Two lines mark the range in the entries below: the one holding "let third = byte_at(key, 2);" and the one holding "cells at once.". Set down those two and all lines between them, exactly.

(Collected data)

■ ■ ■ ■

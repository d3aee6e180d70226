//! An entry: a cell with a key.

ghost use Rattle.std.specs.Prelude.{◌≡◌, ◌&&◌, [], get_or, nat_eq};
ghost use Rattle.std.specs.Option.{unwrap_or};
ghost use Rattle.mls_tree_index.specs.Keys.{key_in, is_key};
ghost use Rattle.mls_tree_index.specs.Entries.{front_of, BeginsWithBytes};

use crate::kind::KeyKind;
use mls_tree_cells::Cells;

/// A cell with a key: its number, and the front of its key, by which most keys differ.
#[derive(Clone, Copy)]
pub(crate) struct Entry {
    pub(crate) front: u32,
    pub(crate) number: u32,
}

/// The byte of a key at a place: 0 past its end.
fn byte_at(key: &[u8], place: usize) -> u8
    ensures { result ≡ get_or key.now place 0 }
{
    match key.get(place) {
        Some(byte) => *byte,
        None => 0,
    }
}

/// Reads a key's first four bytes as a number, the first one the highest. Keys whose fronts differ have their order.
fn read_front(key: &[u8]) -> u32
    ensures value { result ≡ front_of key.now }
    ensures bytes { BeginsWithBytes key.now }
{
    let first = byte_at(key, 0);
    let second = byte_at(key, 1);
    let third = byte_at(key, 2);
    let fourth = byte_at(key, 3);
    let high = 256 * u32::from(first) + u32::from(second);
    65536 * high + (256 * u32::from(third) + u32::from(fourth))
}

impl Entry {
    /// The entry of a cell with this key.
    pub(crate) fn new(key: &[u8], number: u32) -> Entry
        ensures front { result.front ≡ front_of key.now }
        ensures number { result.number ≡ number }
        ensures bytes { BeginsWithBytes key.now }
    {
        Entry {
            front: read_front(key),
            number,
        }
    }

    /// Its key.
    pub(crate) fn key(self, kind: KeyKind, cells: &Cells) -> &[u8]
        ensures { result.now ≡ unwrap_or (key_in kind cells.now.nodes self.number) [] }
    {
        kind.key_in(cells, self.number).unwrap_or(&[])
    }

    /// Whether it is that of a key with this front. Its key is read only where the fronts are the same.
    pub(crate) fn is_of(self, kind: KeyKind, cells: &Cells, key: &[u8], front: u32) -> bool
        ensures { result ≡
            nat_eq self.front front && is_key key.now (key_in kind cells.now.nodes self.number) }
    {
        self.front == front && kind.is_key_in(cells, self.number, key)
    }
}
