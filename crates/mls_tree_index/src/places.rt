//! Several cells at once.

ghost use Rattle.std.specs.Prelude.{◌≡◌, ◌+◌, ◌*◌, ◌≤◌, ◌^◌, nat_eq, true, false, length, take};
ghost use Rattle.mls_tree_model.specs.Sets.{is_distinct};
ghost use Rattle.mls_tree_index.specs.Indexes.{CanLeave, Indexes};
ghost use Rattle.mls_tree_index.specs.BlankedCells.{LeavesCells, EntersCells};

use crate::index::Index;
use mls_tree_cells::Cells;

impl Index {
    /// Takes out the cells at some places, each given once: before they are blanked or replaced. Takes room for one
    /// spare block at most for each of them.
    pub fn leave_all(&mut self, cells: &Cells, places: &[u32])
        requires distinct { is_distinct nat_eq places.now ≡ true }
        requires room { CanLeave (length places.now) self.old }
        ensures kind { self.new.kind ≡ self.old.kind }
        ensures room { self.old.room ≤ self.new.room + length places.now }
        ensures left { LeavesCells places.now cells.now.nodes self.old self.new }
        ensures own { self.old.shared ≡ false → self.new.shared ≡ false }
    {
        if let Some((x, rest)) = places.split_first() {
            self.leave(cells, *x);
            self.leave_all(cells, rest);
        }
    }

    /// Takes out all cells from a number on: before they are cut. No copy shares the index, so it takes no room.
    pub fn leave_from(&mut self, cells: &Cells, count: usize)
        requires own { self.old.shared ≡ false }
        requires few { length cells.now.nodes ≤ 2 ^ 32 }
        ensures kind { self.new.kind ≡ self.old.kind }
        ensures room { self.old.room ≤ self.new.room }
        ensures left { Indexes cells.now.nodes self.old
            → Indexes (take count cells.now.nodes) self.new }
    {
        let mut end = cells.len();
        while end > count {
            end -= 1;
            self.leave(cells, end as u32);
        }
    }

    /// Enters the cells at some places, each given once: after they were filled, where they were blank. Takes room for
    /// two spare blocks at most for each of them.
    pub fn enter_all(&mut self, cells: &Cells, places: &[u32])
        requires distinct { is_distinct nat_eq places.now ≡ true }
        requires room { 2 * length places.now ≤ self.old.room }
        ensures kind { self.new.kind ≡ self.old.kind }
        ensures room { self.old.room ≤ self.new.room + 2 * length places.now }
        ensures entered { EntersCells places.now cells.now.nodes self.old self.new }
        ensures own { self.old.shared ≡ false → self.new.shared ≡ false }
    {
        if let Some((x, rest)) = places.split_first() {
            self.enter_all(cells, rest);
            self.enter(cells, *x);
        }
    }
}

■ ■ ■ ■

▶ [Response]:
    let third = byte_at(key, 2);
    let fourth = byte_at(key, 3);
    let high = 256 * u32::from(first) + u32::from(second);
    65536 * high + (256 * u32::from(third) + u32::from(fourth))
}

impl Entry {
    /// The entry of a cell with this key.
    pub(crate) fn new(key: &[u8], number: u32) -> Entry
        ensures front { result.front ≡ front_of key.now }
        ensures number { result.number ≡ number }
        ensures bytes { BeginsWithBytes key.now }
    {
        Entry {
            front: read_front(key),
            number,
        }
    }

    /// Its key.
    pub(crate) fn key(self, kind: KeyKind, cells: &Cells) -> &[u8]
        ensures { result.now ≡ unwrap_or (key_in kind cells.now.nodes self.number) [] }
    {
        kind.key_in(cells, self.number).unwrap_or(&[])
    }

    /// Whether it is that of a key with this front. Its key is read only where the fronts are the same.
    pub(crate) fn is_of(self, kind: KeyKind, cells: &Cells, key: &[u8], front: u32) -> bool
        ensures { result ≡
            nat_eq self.front front && is_key key.now (key_in kind cells.now.nodes self.number) }
    {
        self.front == front && kind.is_key_in(cells, self.number, key)
    }
}
filename crates/mls_tree_index/src/places.rt
//! Several cells at once.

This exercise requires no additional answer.